Gut zu wissen

Schreckgespenst Monsanto

Monsanto… ein riesiger Konzern scheint immer mehr Einfluss auf unsere Ernährung zu nehmen, und gerät ständig in die negativen Schlagzeilen. Jetzt will ihn auch noch Aspirin-Hersteller Bayer schlucken. Was bedeutet das eigentlich alles?

Monsanto wurde 1901 gegründet, ist an der Börse notiert und produziert Saatgut, Futtermittel und Mittel zur Unkrautbekämpfung, die mit dem umstrittenen Wirkstoff Glyphosat versetzt sind. Das Unternehmen ist in 61 Ländern vertreten, und unter anderem in der Kritik, weil es gentechnisch veränderte Feldfrüchte erzeugt, und eine energische Lobbyarbeit in der Politik betreibt.
Während des Vietnamkrieges stellte Monsanto das Entlaubungsmittel „Agent Orange“ her, mit dem das Amerikanische Militär im Vietnamkrieg über dem gegnerischen Territorium einen großen Schaden anrichtete. Auch dieser Umstand trägt natürlich keinesfalls zur Verbesserung des schlechten Rufs bei, gegen den die Firma permanent zu kämpfen hat.

Als weltweiter Marktführer auf dem Gebiet der Biotechnologie und im Besitz vieler Patente auf gentechnisch veränderte Organismen, wie Soja, Raps und Mais scheint Monsanto zunehmend unsere Nahrungskette kontrollieren zu wollen. So sehen viele in dem US-Konzern mittlerweile ein „Synonym für die Macht der Großkonzerne über unsere Lebensmittel“.
Hinzu kommt, dass sich Monsanto sehr lange nicht in die Karten schauen lassen wollte, und sich regelrecht vor der Öffentlichkeit abschottete. Mittlerweile gibt sich das Unternehmen allerdings transparenter und unterstreicht seinen wichtigen Beitrag für eine Zukunft ohne Hunger auf der Welt.

Tatsächlich forscht die „Gentechnik-Firma“ auch an Lösungen, die Ernährungsprobleme einer zunehmend überbevölkerten Welt bewältigen zu können, also praktisch die Menschheit vor dem Hunger zu retten.
So hat Konzernchef Hugh Grant jüngst versprochen, die Ernte-Erträge zu verdoppeln.
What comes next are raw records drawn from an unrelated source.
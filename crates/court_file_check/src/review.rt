//! Where a court's list of federal holidays and the law differ, and which days are listed to no effect.

ghost use Rattle.std.specs.Prelude.{◌≡◌, ◌++◌, ◌∷◌, [], OnOk, IfOk, if◌then◌else◌};
ghost use Rattle.court_clock.specs.Words.{is_weekend};
ghost use Rattle.court_file_check.specs.Review.{days_that, due_on, passes};

use court_clock::Day;
use court_days::{Days, HolidayList};
use court_holidays::{
    FederalHoliday, State, count_through, day_at, holiday_on, observed_on, state_holiday_on,
};
use std::alloc::{AllocError, Global};

/// Why a day is due in a list of federal holidays.
#[derive(Clone, Copy, Debug, PartialEq, Eq)]
pub enum Due {
    /// The law sets the day for the holiday.
    SetByLaw(FederalHoliday),
    /// The holiday is observed on the day, in the place of the Saturday or Sunday that the law sets.
    Observed(FederalHoliday),
}

/// What is asked of a day.
#[derive(Clone, Copy, Debug, PartialEq, Eq)]
pub enum DayTest {
    /// Whether it is due, in the capital's region or elsewhere, the federal list lacks it, and it is no Saturday or Sunday,
    /// where a holiday changes no period.
    Lacking { capital: bool },
    /// Whether the federal list has it and it isn't due, in the capital's region or elsewhere. Such a day may be a closing by
    /// executive order, or a wrong date.
    Unknown { capital: bool },
    /// Whether it is a Saturday or a Sunday that the federal list has.
    FederalAtWeekend,
    /// Whether it is one that the state list has.
    StateAtWeekend,
    /// Whether both lists have it.
    InBoth,
    /// Whether it is a weekday that the law of the State names, it isn't due, and no list has it.
    Unlisted { capital: bool, state: State },
}

/// Why the day is due in the list of a court, which is in the capital's region or not. None where it isn't, and for a day
/// outside the years 1970 to 2199, for which it isn't defined what the law sets.
pub fn due_on(day: Day, capital: bool) -> Option<Due>
    ensures { result ≡ due_on capital day }
{
    if let Some(holiday) = holiday_on(day, capital) {
        return Some(Due::SetByLaw(holiday));
    }
    match observed_on(day) {
        Some(holiday) => Some(Due::Observed(holiday)),
        None => None,
    }
}

/// The days of the span that pass the test, in their order. An `Err` says that memory ran out.
#[tactic(auto, unfolding(crate::specs::Review::days_that))]
pub fn days_that(alloc: Global, days: &Days, test: DayTest) -> Result<Vec<Day>, AllocError>
    ensures { IfOk result (λ found. found.items ≡ days_that days.now test) }
{
    let (first, last) = (days.from(), days.to());
    let mut found = Vec::new(alloc);
    for place in 0..count_through(first, last) {
        let day = day_at(first, last, place);
        push_if(&mut found, passes(days, test, day), day)?;
    }
    Ok(found)
}

/// Puts the day at the end of the list, if it passes.
fn push_if(list: &mut Vec<Day>, passes: bool, day: Day) -> Result<(), AllocError>
    ensures { OnOk result (list.new.items ≡ list.old.items ++ (if passes then day ∷ [] else [])) }
{
    if passes {
        list.push(day)?;
    }
    Ok(())
}

/// Whether the day passes.
fn passes(days: &Days, test: DayTest, day: Day) -> bool
    ensures { result ≡ passes days.now test day }
{
    let in_federal = days.in_list(HolidayList::Federal, day);
    let in_state = days.in_list(HolidayList::State, day);
    match test {
        DayTest::Lacking { capital } => {
            !in_federal && !is_weekend(day) && due_on(day, capital).is_some()
        }
        DayTest::Unknown { capital } => in_federal && due_on(day, capital).is_none(),
        DayTest::FederalAtWeekend => is_weekend(day) && in_federal,
        DayTest::StateAtWeekend => is_weekend(day) && in_state,
        DayTest::InBoth => in_federal && in_state,
        DayTest::Unlisted { capital, state } => {
            !in_federal
                && !in_state
                && !is_weekend(day)
                && due_on(day, capital).is_none()
                && state_holiday_on(state, day).is_some()
        }
    }
}

/// Whether the day is a Saturday or a Sunday.
fn is_weekend(day: Day) -> bool
    ensures { result ≡ is_weekend day }
{
    day.weekday() >= 5
}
Hier ein Beispiel, wie Monsanto dabei vorgeht: Der Konzern macht seine Mais- und Soja-Saat durch Genmanipulation resistent gegen das ebenfalls vom ihm produzierte Düngemittel Glyphosaat, das insbesondere in den USA in großen Mengen auf den Monokultur-Feldern versprüht wird. Dieses giftige Mittel tötet dann alles ab, und es bleiben nur noch die Mais- oder Soja-Gewächse erhalten, die dann ungestört und um so intensiver gedeihen können.

Immer wieder werden Stimmen laut, die behaupten, dass Monsanto seine Konsumenten vergiftet, und es gibt tatsächlich Studien, die belegen, das gentechnisch manipuliertes Soja gesundheitliche Schäden bei Menschen und Tieren hervorruft. Entsprechend viele Klagen sind gegen das Unternehmen anhängig.

In Deutschland mögen gentechnische veränderte Lebensmittel nicht zugelassen sein, jedoch gibt es deutsche Firmen, die regelmäßig Gen-Soja von Monsanto in ihren Mastfabriken an Hühner, Enten, Gänse, Puten, Rinder und Schweine verfüttern.

Die US-Regierung ließ den Monsanto-Lobbyisten bislang weitestgehend freie Fahrt, während sie mit Europa ein weniger leichtes Spiel haben. Mittlerweile dürfen sie aber auch hier Gen-Soja anbauen, und zudem will der deutsche Pharmariese Bayer den das amerikanische Unternehmen, das bislang seinen Hauptsitz in St. Louis hat, übernehmen. Dadurch will Bayer zum weltgrößten Agrar-Chemiekonzern heranwachsen. Allerdings wird diese Übernahme aktuell noch von der EU-Komision geprüft. Eine Entscheidung soll am 5. April verkündet werden.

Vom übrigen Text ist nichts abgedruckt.